I want to thank all those readers, like Sam Odeni, who wrote in response to the two pieces over the last fortnight about how the country (and world) will look like in 2063.
They were actually excerpts from my novel ‘2063, Last Mile Bet’ that we will be launching this coming Tuesday, from 6pm, at the Arfa Lounge, 20th Century Plaza, Mama Ngina street, at a book party.
Now on matters, here and now. My jirani on the right, Silas Nyanchwani, asked 10 questions last week – that plague many married/men with serious wives and partners.
1) Why do so many wives and girlfriends snoop on your phone?
This one is easy. If you go to the shower, and upon your return, you find your phone is on WhatsApp when you left it at screensaver, the paranormal activity is from her. And she doesn’t trust you.
2) Why do women run back to their domestic homes, even after being married for a long time?
In her mind, she is always a little girl – and home is where the hut (or flat) she grew up in is. Also, she goes home to gather the gang (your in-laws) against you.
3) Why are women cagey about finances?
In other words, you should spend all your nuts on her/the family, while she squirrels her money away into chamas (and hair) and savings, in an ideal situation, that will be kept secret (in a vault/cage).
4) Why do they spend about 30 per cent of their money on makeup, hair and attire?
Most men spend about 30 per cent of their income on rent.
But if a woman earns, say Sh50,000 monthly, five can go to cosmetics and scents, five to clothes, and five to hair. Why? Search me. I guess to look/feel good about their appearance?
5) Why are married women easily misled by even single friends, many of them their college gang?
In college, they did lots of stuff together, and your woman may still think she owes loyalty to this pack. It may also be a sad case of the habit of seeking their approval, especially if she was in the lower pecking order of their social gang.
6) What is a lady with a steady man doing at a club at 10pm by herself?
If you are really unlucky, she is still on the prowl for guys. But most probably, you are with a younger party lady, who has not gotten into her head that ‘hitched’ chicks get home by sunset.

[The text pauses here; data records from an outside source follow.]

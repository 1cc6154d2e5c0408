// The memory that the way from an input to its text takes: for the largest tree, program and work area.
ghost use Rattle.std.specs.Prelude.{◌≡◌, length};

use names::slot::Slot;
use scan::block::Block;
use std::alloc::{AllocError, Global};

#[derive(Drop)]
pub(crate) struct Memory {
    pub(crate) bits: Vec<u8>,
    pub(crate) labels: Vec<u16>,
    pub(crate) names: Vec<Slot>,
    pub(crate) directory: Vec<Block>,
    pub(crate) program: Vec<u8>,
    pub(crate) work: Vec<u64>,
    ghost parentheses: { length bits.items ≡ 2048 },
    ghost labelled: { length labels.items ≡ 8192 },
    ghost named: { length names.items ≡ 512 },
    ghost blocks: { length directory.items ≡ 64 },
    ghost bytes: { length program.items ≡ 2048 },
    ghost words: { length work.items ≡ 8192 },
}

impl Memory {
    pub(crate) fn new(heap: Global) -> Result<Memory, AllocError> {
        let block = Block {
            before: 0,
            least: 0,
        };
        Ok(Memory {
            bits: vec![in heap; 0; 2048]?,
            labels: vec![in heap; 0; 8192]?,
            names: vec![in heap; [0; 32]; 512]?,
            directory: vec![in heap; block; 64]?,
            program: vec![in heap; 0; 2048]?,
            work: vec![in heap; 0; 8192]?,
        })
    }
}
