// Why an input has no text.
ghost use Rattle.std.specs.Prelude.{◌≡◌, Some};
ghost use Rattle.choosing.specs.Choosing.{code_of, place_of, refusal_text};

use feedfile::command::FileFault;
use query::fault::Fault as QueryFault;
use std::alloc::AllocError;
use std::error::Error;
use std::fmt;

// The most bytes that an input may have.
pub(crate) const MOST_BYTES: usize = 65536;

// Why an input is refused.
#[derive(Clone, Copy, Debug, PartialEq, Eq)]
pub enum Fault {
    // it has more than 65,536 bytes
    TooLong,
    // its feed is refused
    Feed(FileFault),
    // its query is refused
    Query(QueryFault),
}

impl Fault {
    // The number by which a refusal is known: by a match, since cases have fields.
    pub fn code(self) -> u8
        ensures { result ≡ code_of self }
    {
        match self {
            Fault::TooLong => 11,
            Fault::Feed(fault) => fault.code(),
            Fault::Query(fault) => fault.code(),
        }
    }

    // The place, counted in the feed or in the query.
    pub fn place(self) -> usize
        ensures { result ≡ place_of self }
    {
        match self {
            Fault::TooLong => MOST_BYTES,
            Fault::Feed(fault) => fault.place(),
            Fault::Query(fault) => fault.place(),
        }
    }
}

// the line that a query prints of its own refusals, for feeds and lengths too
impl fmt::Display for Fault {
    ghost output = { λ f. Some (refusal_text f) };

    fn fmt<W: fmt::Write>(&self, f: &mut fmt::Formatter<W>) -> fmt::Result {
        let code = self.code();
        let place = self.place();
        write!(f, "refused {code} at {place}")
    }
}

impl Error for Fault {}

// Why there is no text for an input.
#[derive(Clone, Copy, Debug, PartialEq, Eq)]
pub enum ChooseError {
    Refused(Fault),
    OutOfMemory,
}

impl fmt::Display for ChooseError {
    ghost use Rattle.choosing.specs.Choosing.{failure_text};

    // the line of a refusal; of want of memory nothing is said
    ghost output = { failure_text };

    fn fmt<W: fmt::Write>(&self, f: &mut fmt::Formatter<W>) -> fmt::Result {
        match self {
            ChooseError::Refused(fault) => fault.fmt(f),
            ChooseError::OutOfMemory => AllocError.fmt(f),
        }
    }
}

impl Error for ChooseError {}

impl From<FileFault> for ChooseError {
    ghost use Rattle.choosing.specs.declared.chosen.ChooseError.TheVariants.{Refused};
    ghost use Rattle.choosing.specs.declared.chosen.Fault.TheVariants.{Feed};

    ghost from_gives = { λ fault e. e ≡ Refused (Feed fault) };

    fn from(fault: FileFault) -> ChooseError {
        ChooseError::Refused(Fault::Feed(fault))
    }
}

impl From<QueryFault> for ChooseError {
    ghost use Rattle.choosing.specs.declared.chosen.ChooseError.TheVariants.{Refused};
    ghost use Rattle.choosing.specs.declared.chosen.Fault.TheVariants.{Query};

    ghost from_gives = { λ fault e. e ≡ Refused (Query fault) };

    fn from(fault: QueryFault) -> ChooseError {
        ChooseError::Refused(Fault::Query(fault))
    }
}

impl From<AllocError> for ChooseError {
    ghost use Rattle.choosing.specs.declared.chosen.ChooseError.TheVariants.{OutOfMemory};

    ghost from_gives = { λ _ e. e ≡ OutOfMemory };

    fn from(_error: AllocError) -> ChooseError {
        Self::OutOfMemory
    }
}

7) Why do women try to ‘Keep Up with the Kamaus,’ oblivious to family rhythm?
Never buy the lie that women are not competitive. They are, and sometimes in petty ways. So if you live among those cauldrons of neighbours who keep changing cars and couches, move out.
8) Why does your woman in the corporate sector seem awed and admiring of the boss?
Silas should know women are naturally attracted to men of high/er stature in society. So be the boss in the house, and you should have no problems outside. If you seem weak, or meek, or worse — like she supports you with money made from the boss, trouble beckons.
9) Why do married women embrace preacher’s lies, to the extent of calling them ‘Dad’?
There are people out there, the majority female, who need to feel that Big Daddy in the Sky has an Eye out for them.
Sadly, many imagine that cologne-reeking charlatan in a satin suit, silky serpentine voice, sharp shoes and box haircut, is His man on Earth.
10) Why do some women dress bad for the husband, but spruce up to go out?
Amekuzoea! And does not see the need to put in extra effort to look hot in the house. Besides, why should she, when you slither around the same house in mismatched sandals, tattered shorts and your faded ‘Obama: Yes We Can’ T-shirt from the year 2008?